Panel shy of goal on Civil War signs

34 counties lack markers, plans for 1

Every county in the state has a story to tell relating to the 1861-1865 Civil War, and those tales need to be noted for history before the war’s 150th anniversary period is over, members of the Arkansas Civil War Sesquicentennial Commission say.

A stated goal of the state-supported commission is to place a Civil War sesquicentennial historical marker in all 75 counties that tell of a Civil War event there or some aspect of the war’s effect on the area.

However, more than halfway through the sesquicentennial observation, 34 counties neither have a marker in place nor an active application asking for commission approval for one.

As it was for the Confederacy 150 years ago this month - having just suffered turning-point defeats at Gettysburg and Vicksburg - time is getting short. The commission will cease to exist in mid-2015.

With the 20-member commission to meet next week, Chairman Tom Dupree of Jacksonville said he plans to prod commissioners to contact officials in the 34 counties to work with their state representatives and senators on obtaining funds to help sponsor markers.

To get a marker, a community must pay $1,030 to the sesquicentennial commission as a local match. The match amount is $1,300 if text is placed on both sides of the marker.

“We’re going to push to try to get all of the counties before it’s over with,” Dupree said. “There are sources available for getting that money. It doesn’t have to be hard out-of-your pocket. Trying to get people who are interested in trying to get a marker up is a big thing.”

Counties lagging in the marker race are: Ashley, Baxter, Bradley, Chicot, Clark, Cleveland, Conway, Craighead, Crawford, Desha, Drew, Faulkner, Franklin, Fulton, Garland, Grant, Hempstead, Hot Spring, Howard, Johnson, Lafayette, Lawrence, Montgomery, Newton, Perry, Poinsett, Polk, Pope, Randolph, Saline, Sevier, Sharp, St. Francis and Stone, according to commission member Mark Christ of the Arkansas Historic Preservation Program.

“We have been contacted by several of the counties on that list that say they’re working on applications,” Christ clarified. “I might get five tomorrow. … Generally they’ve trickled in, one, maybe two a month.”

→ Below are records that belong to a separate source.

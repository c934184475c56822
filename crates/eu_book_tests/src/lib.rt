//! Tests of the registry with its journal, alone, through its lock, and closed.
#![tactic(auto)]

#[cfg(test)]
mod tests;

It isn’t that commission members in those areas haven’t tried, said Commissioner Dr. Blake Wintory, assistant director of the Lakeport Plantation in Lake Village, in Chicot County, one of the counties without a marker so far. Lakeport Plantation, built in 1859, is the state’s only remaining antebellum house on the Mississippi River.

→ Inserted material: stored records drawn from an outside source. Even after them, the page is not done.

//! Claims, read from a text.
#![tactic(auto, using(crate::proofs::claims::Binds::then_ok, crate::proofs::claims::Binds::then_err))]

ghost use Rattle.std.specs.Prelude.{◌≡◌, map, ◌≤◌, ◌<◌, ◌+◌, ℕ, false, length, get_or, All, IfOk, IfSome, IsTrue, slice_range};
ghost use Rattle.base_limits.specs.declared.limits.TheConstants.{MOST_TEXT_BYTES};
ghost use Rattle.flow_edges.specs.declared.limits.TheConstants.{MOST_POINTS};
ghost use Rattle.lang_tokens.specs.Reading.{end_at};
ghost use Rattle.lang_tokens.specs.TokenLists.{AreTokensOf};
ghost use Rattle.lang_grammar.specs.View.{tokens_of};
ghost use Rattle.lang_meaning.specs.Expressions.{as_truth};
ghost use Rattle.lang_meaning.specs.ExpressionAnswers.{ExpressionAnswer, ExpressionMeans, MeaningFits};
ghost use Rattle.lang_parser.specs.Expressions.{expr_of, read_of};
ghost use Rattle.lang_meaning.specs.Proper.{IsProper};
ghost use Rattle.flow_edges.specs.Constants.{have_room};
ghost use Rattle.lang_tree.specs.Cases.{cases_of};
ghost use Rattle.lang_tree.specs.Limits.{is_tested};
ghost use Rattle.lang_tree.specs.View.{condition_of};
ghost use Rattle.ask_claims.specs.Claims.{is_place, point_of, decided, parsed, ClaimsMean, FileMeans, StatedClaims, Stands, Answers, Gives};
ghost use Rattle.ask_claims.specs.Claims.{stated_of};
ghost use Rattle.ask_claims.specs.Steps.{is_end, is_colon, is_semicolon, is_nondet, bytes_of, token_at, expected, surplus, labelled};
ghost use Rattle.ask_claims.specs.Steps.{headed};
ghost use Rattle.ask_claims.specs.Steps.{first_choice};
ghost use Rattle.ask_claims.specs.Steps.{few_cases, finished, IsEnded, BeginsClaim};
ghost use Rattle.ask_claims.specs.Truth.{is_decided};

use crate::claim::Claim;
use crate::fault::ClaimFault;
use flow_edges::{Cases, CasesFault, Flow, Place, Point, cases};
use lang_parser::{Expr, ParseFault, Read, condition, expression};
use lang_tokens::{Kind, LexFault, Lexicon, Sign, Token, Word, lex};
use lang_tree::{Cond, Name};
use std::alloc::Global;

/// The most claims of a file.
const MOST_CLAIMS: usize = 64;

fn is_end(kind: Kind) -> bool
    ensures { result ≡ is_end kind }
{
    match kind {
        Kind::End => true,
        _ => false,
    }
}

fn is_colon(kind: Kind) -> bool
    ensures { result ≡ is_colon kind }
{
    match kind {
        Kind::Sign(Sign::Colon) => true,
        _ => false,
    }
}

fn is_semicolon(kind: Kind) -> bool
    ensures { result ≡ is_semicolon kind }
{
    match kind {
        Kind::Sign(Sign::Semicolon) => true,
        _ => false,
    }
}

fn is_nondet(kind: Kind) -> bool
    ensures { result ≡ is_nondet kind }
{
    match kind {
        Kind::Word(Word::Nondet) | Kind::Word(Word::VerifierNondetInt) => true,
        _ => false,
    }
}

// A token that has to stand at `at`.
fn expected(stands: bool, at: u32) -> Result<(), ClaimFault>
    ensures gives { Gives (λ x. x) result (expected stands at) }
    ensures stands { IfOk result (λ _. IsTrue stands) }
{
    if stands {
        Ok(())
    } else {
        Err(ClaimFault::Parse(ParseFault::Unexpected { at }))
    }
}

// What a token behind 64 claims is that isn't the end.
fn surplus(token: Token) -> ClaimFault
    ensures { result ≡ surplus token.kind token.at }
{
    match token.kind {
        Kind::Name => ClaimFault::Count { at: token.at },
        _ => ClaimFault::Parse(ParseFault::Unexpected { at: token.at }),
    }
}

fn is_place(point: &Point, name: &[u8]) -> bool
    ensures { result ≡ is_place name.now point.now.place }
{
    match &point.place {
        Place::Label(label) => name == label.bytes(),
        _ => false,
    }
}

// The number of the first point with this label.
fn point_of(points: &[Point], name: &[u8]) -> Option<usize>
    ensures number { result ≡ point_of name.now points.now }
    ensures within { IfSome result (λ point. point < length points.now) }
{
    points.iter().position(|point| is_place(point, name))
}

// The label that this token is, with its point.
fn labelled(points: &[Point], text: &[u8], token: Token) -> Result<(u32, Name), ClaimFault>
    requires points { length points.now ≤ MOST_POINTS }
    requires proper { IsProper text.now token }
    ensures gives { Gives (λ h. (h.0, h.1)) result (labelled points.now token.kind (bytes_of text.now token) token.at) }
    ensures named { IfOk result (λ h. point_of h.1 points.now ≡ Some h.0) }
    ensures within { IfOk result (λ h. h.0 < length points.now) }
{
    match token.kind {
        Kind::Name => {
            let from = token.at as usize;
            let bytes = &text[from..from + token.len as usize];
            match (Name::new(bytes), point_of(points, bytes)) {
                (Some(name), Some(point)) => Ok((point as u32, name)),
                _ => Err(ClaimFault::UnknownLabel { at: token.at }),
            }
        }
        _ => Err(ClaimFault::Parse(ParseFault::Unexpected { at: token.at })),
    }
}

// The head of a claim: its label, and the colon.
fn headed(
    points: &[Point],
    text: &[u8],
    name: Token,
    colon: Token,
) -> Result<(u32, Name), ClaimFault>
    requires points { length points.now ≤ MOST_POINTS }
    requires proper { IsProper text.now name }
    ensures gives { Gives (λ h. (h.0, h.1)) result (headed points.now text.now name colon) }
    ensures colon { IfOk result (λ _. IsTrue (is_colon colon.kind)) }
    ensures named { IfOk result (λ h. point_of h.1 points.now ≡ Some h.0) }
    ensures within { IfOk result (λ h. h.0 < length points.now) }
{
    let (point, label) = labelled(points, text, name)?;
    expected(is_colon(colon.kind), colon.at)?;
    Ok((point, label))
}

// Whether no choice is left open.
fn is_decided(cond: &Cond) -> bool
    ensures { result ≡ is_decided (condition_of cond.now) }
{
    match cond {
        Cond::Free => false,
        Cond::Cmp(_, _) => true,
        Cond::Not(inner) => is_decided(inner),
        Cond::Both(first, second) => is_decided(first) && is_decided(second),
        Cond::Either(first, second) => is_decided(first) && is_decided(second),
    }
}

// The place of the first `nondet`.
fn first_choice(tokens: &[Token]) -> u32
    ensures { result ≡ first_choice tokens.now }
{
    for token in tokens {
        if is_nondet(token.kind) {
            return token.at;
        }
    }
    0
}

// A condition that these tokens are has no `nondet`.
fn decided(tokens: &[Token], cond: &Cond) -> Result<(), ClaimFault>
    ensures gives { Gives (λ x. x) result (decided (first_choice tokens.now) (condition_of cond.now)) }
    ensures decided { IfOk result (λ _. IsTrue (is_decided (condition_of cond.now))) }
{
    if is_decided(cond) {
        Ok(())
    } else {
        let at = first_choice(tokens);
        Err(ClaimFault::Parse(ParseFault::NondetHere { at }))
    }
}

// The cases in which the condition of the claim whose name is at `at` may be false.
fn few_cases(alloc: Global, cond: &Cond, at: u32) -> Result<Cases, ClaimFault>
    requires { IsTrue (have_room (condition_of cond.now)) }
    ensures gives { Gives (λ _. tt) result (few_cases at (condition_of cond.now)) }
    ensures against { IfOk result (λ cases. cases ≡ cases_of false (condition_of cond.now)) }
{
    match cases(alloc, cond, false) {
        Ok(list) => Ok(list),
        Err(CasesFault::TooMany) => Err(ClaimFault::Cases { at }),
        Err(CasesFault::NoMemory) => Err(ClaimFault::NoMemory),
    }
}

// The token of this number.
fn token_at(tokens: &[Token], number: usize) -> Token
    requires { number < length tokens.now }
    ensures { result ≡ token_at tokens.now number }
{
    tokens[number]
}

// An expression that begins at `first`, as a condition.
fn as_condition(expr: Expr, first: u32) -> Result<Cond, ClaimFault>
    ensures gives { Gives condition_of result (parsed (as_truth first (expr_of expr))) }
    ensures fits { (n : ℕ) → MeaningFits n (expr_of expr) → IfOk result (λ cond. IsTrue (is_tested n (condition_of cond))) }
{
    Ok(condition(expr, first)?)
}

// The rest of the claim whose name is token `from`, behind its expression.
fn finished(
    alloc: Global,
    tokens: &[Token],
    from: usize,
    point: u32,
    label: Name,
    read: Read,
) -> Result<(Claim, usize), ClaimFault>
    requires ended { IsEnded tokens.now }
    requires begins { from + 2 ≤ read.next }
    requires next { read.next < length tokens.now }
    requires fits { (n : ℕ) × MeaningFits n (expr_of read.expr) }
    ensures gives { Gives (λ r. (stated_of r.0, r.1)) result (finished tokens.now from (point, label) (Ok (read_of read))) }
    ensures tested { (n : ℕ) → MeaningFits n (expr_of read.expr) → IfOk result (λ r. IsTrue (is_tested n (condition_of r.0.cond))) }
    ensures decided { IfOk result (λ r. IsTrue (is_decided (condition_of r.0.cond))) }
    ensures against { IfOk result (λ r. r.0.against ≡ cases_of false (condition_of r.0.cond)) }
    ensures names { IfOk result (λ r. (r.0.point ≡ point) × (r.0.label ≡ label)) }
    ensures within { IfOk result (λ r. r.1 < length tokens.now) }
{
    let start = from + 2;
    let next = read.next as usize;
    let cond = as_condition(read.expr, token_at(tokens, start).at)?;
    decided(&tokens[start..next], &cond)?;
    let end = token_at(tokens, next);
    expected(is_semicolon(end.kind), end.at)?;
    let against = few_cases(alloc, &cond, token_at(tokens, from).at)?;
    let claim = Claim {
        point,
        label,
        cond,
        against,
    };
    Ok((claim, next + 1))
}

// Reads the expression that begins at token `from`.
fn read_expression(
    alloc: Global,
    tokens: &[Token],
    text: &[u8],
    flow: &Flow,
    from: usize,
) -> Result<Read, ClaimFault>
    requires size { length text.now ≤ MOST_TEXT_BYTES }
    requires tokens { AreTokensOf text.now tokens.now }
    requires from { from < length tokens.now }
    ensures found { (w : ExpressionAnswer) × ExpressionMeans text.now (tokens_of text.now tokens.now) from flow.now.names w
        × Gives read_of result (parsed w) }
    ensures fits { IfOk result (λ read. MeaningFits (length flow.now.names) (expr_of read.expr)) }
    ensures next { IfOk result (λ read. (from ≤ read.next) × (read.next < length tokens.now)) }
{
    Ok(expression(alloc, tokens, text, from as u32, flow.names.as_slice())?)
}

// Reads the claim whose name is token `from`, and gives the number of the token behind it.
fn read_claim(
    alloc: Global,
    tokens: &[Token],
    text: &[u8],
    flow: &Flow,
    from: usize,
) -> Result<(Claim, usize), ClaimFault>
    requires size { length text.now ≤ MOST_TEXT_BYTES }
    requires tokens { AreTokensOf text.now tokens.now }
    requires from { from < length tokens.now }
    requires goes_on { is_end (token_at tokens.now from).kind ≡ false }
    ensures found { Answers (λ r. (stated_of r.0, r.1)) (BeginsClaim text.now flow.now.names flow.now.points tokens.now from) result }
    ensures stands { IfOk result (λ r. Stands flow.now.names flow.now.points r.0) }
    ensures within { IfOk result (λ r. r.1 < length tokens.now) }
{
    let name = token_at(tokens, from);
    let colon = token_at(tokens, from + 1);
    let (point, label) = headed(flow.points.as_slice(), text, name, colon)?;
    let read = read_expression(alloc, tokens, text, flow, from + 2)?;
    finished(alloc, tokens, from, point, label, read)
}

// Reads all claims.
fn claims_of(
    alloc: Global,
    tokens: &[Token],
    text: &[u8],
    flow: &Flow,
) -> Result<Vec<Claim>, ClaimFault>
    requires size { length text.now ≤ MOST_TEXT_BYTES }
    requires tokens { AreTokensOf text.now tokens.now }
    ensures found { Answers (λ claims. map stated_of claims.items) (ClaimsMean text.now flow.now.names flow.now.points
        (tokens_of text.now tokens.now)) result }
    ensures stands { IfOk result (λ claims. All (Stands flow.now.names flow.now.points) claims.items) }
{
    let mut claims = Vec::new(alloc);
    let mut next = 0;
    while !is_end(token_at(tokens, next).kind) {
        if claims.len() >= MOST_CLAIMS {
            return Err(surplus(token_at(tokens, next)));
        }
        let (claim, behind) = read_claim(alloc, tokens, text, flow, next)?;
        claims.push(claim)?;
        next = behind;
    }
    Ok(claims)
}

// Reads a text.
fn file(alloc: Global, text: &[u8], flow: &Flow) -> Result<Vec<Claim>, ClaimFault>
    requires { length text.now ≤ MOST_TEXT_BYTES }
    ensures found { Answers (λ claims. map stated_of claims.items) (FileMeans text.now flow.now.names flow.now.points) result }
    ensures stands { IfOk result (λ claims. All (Stands flow.now.names flow.now.points) claims.items) }
{
    match lex(alloc, text, Lexicon::Own) {
        Ok(tokens) => claims_of(alloc, tokens.as_slice(), text, flow),
        Err(LexFault::NoMemory) => Err(ClaimFault::NoMemory),
        Err(fault) => Err(ClaimFault::Lex(fault)),
    }
}

/// The claims of a text about a program's flow, in order: at most 64, each `NAME ":" expr ";"`. The name is a label of the
/// program, and the expression a condition over its variables without `nondet()` (docs/FORMATS.md, "Claims").
///
/// # Errors
///
/// `Lex` comes first. Then each claim is read in order: its name, `Count` for a 65th one, `UnknownLabel`, the colon, the expression,
/// `BigNumber` for a number that can't be a condition, `NondetHere`, the semicolon, `Cases`. The first token with which the tokens
/// begin no file of claims is `Unexpected`.
pub fn read_claims(alloc: Global, text: &[u8], flow: &Flow) -> Result<Vec<Claim>, ClaimFault>
    requires { length text.now ≤ MOST_TEXT_BYTES }
    // What is answered is meant.
    ensures found { Answers (λ claims. map stated_of claims.items) (FileMeans text.now flow.now.names flow.now.points) result }
    // What is meant is answered.
    ensures exact { (wanted : StatedClaims) → FileMeans text.now flow.now.names flow.now.points wanted
        → Gives (λ claims. map stated_of claims.items) result wanted }
    // A verdict may be asked on each.
    ensures stands { IfOk result (λ claims. All (Stands flow.now.names flow.now.points) claims.items) }
{
    file(alloc, text, flow)
}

“It is kind of embarrassing being on the commission and my county does not have one,” said Wintory, who joined the commission in January 2012. “The easiest thing for me to do is to get one at Lakeport.

“I have asked some people if they wanted to get involved,” Wintory continued. “There are a lot of different stories we can tell in Chicot County and about Lakeport. It’s just a matter of trying to figure out what the best ones would be. … There are things that aren’t written about that the local people know about.”

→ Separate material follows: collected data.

//! Laws of the definitions, each the contract of a function that does nothing.

ghost use Rattle.std.specs.Prelude.{◌≡◌, ℕ, List};
ghost use Rattle.flow_edges.specs.declared.point.Point.{Point};
ghost use Rattle.lang_grammar.specs.Grammar.{Token};
ghost use Rattle.ask_claims.specs.Claims.{StatedClaims, FileMeans};
ghost use Rattle.ask_claims.specs.Grammar.{ReadsClaims, Written};
ghost use Rattle.ask_claims.specs.Laws.{OpenStatesBreak, ProvedClaimsHold, ProvedVerdictsHold, RefusalsAreOne, VerdictsAreOne};
ghost use Rattle.ask_claims.specs.Laws.{WideClaimsDontFit};

/// Where a post-solution of a program's system, whose rows are over the program's variables, proves a claim, in every run the condition
/// isn't false at any configuration at the point; and it is true there, if it has no free choice.
pub fn proved_claims_hold()
    ensures { ProvedClaimsHold }
{}

/// The same of a list: where a verdict on a claim of a list is that it is proved, at a post-solution of a program's system.
pub fn proved_verdicts_hold()
    ensures { ProvedVerdictsHold }
{}

/// The state of an open claim fits the vector at the claim's point, and passes all guards of a case against the claim.
pub fn open_states_break()
    ensures { OpenStatesBreak }
{}

/// The verdicts on claims are determined by the system, the bounds of the vector and the claims.
pub fn verdicts_are_one()
    ensures { VerdictsAreOne }
{}

/// A wide operation is named only where not all operations fit, and then it is determined by the system, the bounds of the
/// vector and the claims.
pub fn refusals_are_one()
    ensures apart { WideClaimsDontFit }
    ensures one { RefusalsAreOne }
{}

/// Tokens read as at most one list of claims.
pub fn one_list()
    ensures { (tokens : List Token) (cs ds : List Written) → ReadsClaims tokens cs → ReadsClaims tokens ds → cs ≡ ds }
{}

/// A text says one thing over a program's variables and points: its claims, or one fault.
pub fn one_file()
    ensures { (text : List ℕ) (names : List (List ℕ)) (points : List Point) (r s : StatedClaims) →
        FileMeans text names points r → FileMeans text names points s → r ≡ s }
{}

Christ said that a unique part of the historical-marker program is “having the local folks decide what they want to commemorate in their area.”

“There are a lot of stories we just don’t know about, but are well-known in the counties,” Christ said. “There are some of them, too, that are not accurate stories, and we’ve had to reject a couple of applications because there was not adequate documentation to say the event actually occurred.”

Misunderstandings about the marker program and a lack of historical societies in every county are big contributors to having so many counties without markers in the works, Dupree said. The markers aren’t just about relating history of battles and skirmishes, he said, but can tell about the raising of troops, wartime life in a county or the war’s effect on its residents.

“It could be something that had to do with education or religion during that time,” Dupree said. “It can be about all the ways people lived during that period. … If that’s the case, there ought to be something in every county that you can hang your hat on.

“I think a lot of it has to do with folks thinking that not anything significant happened in their county” during the Civil War, Dupree added. “We just have to dig and try to get some people who will respond and help them come up with those funds that they need to get it done.”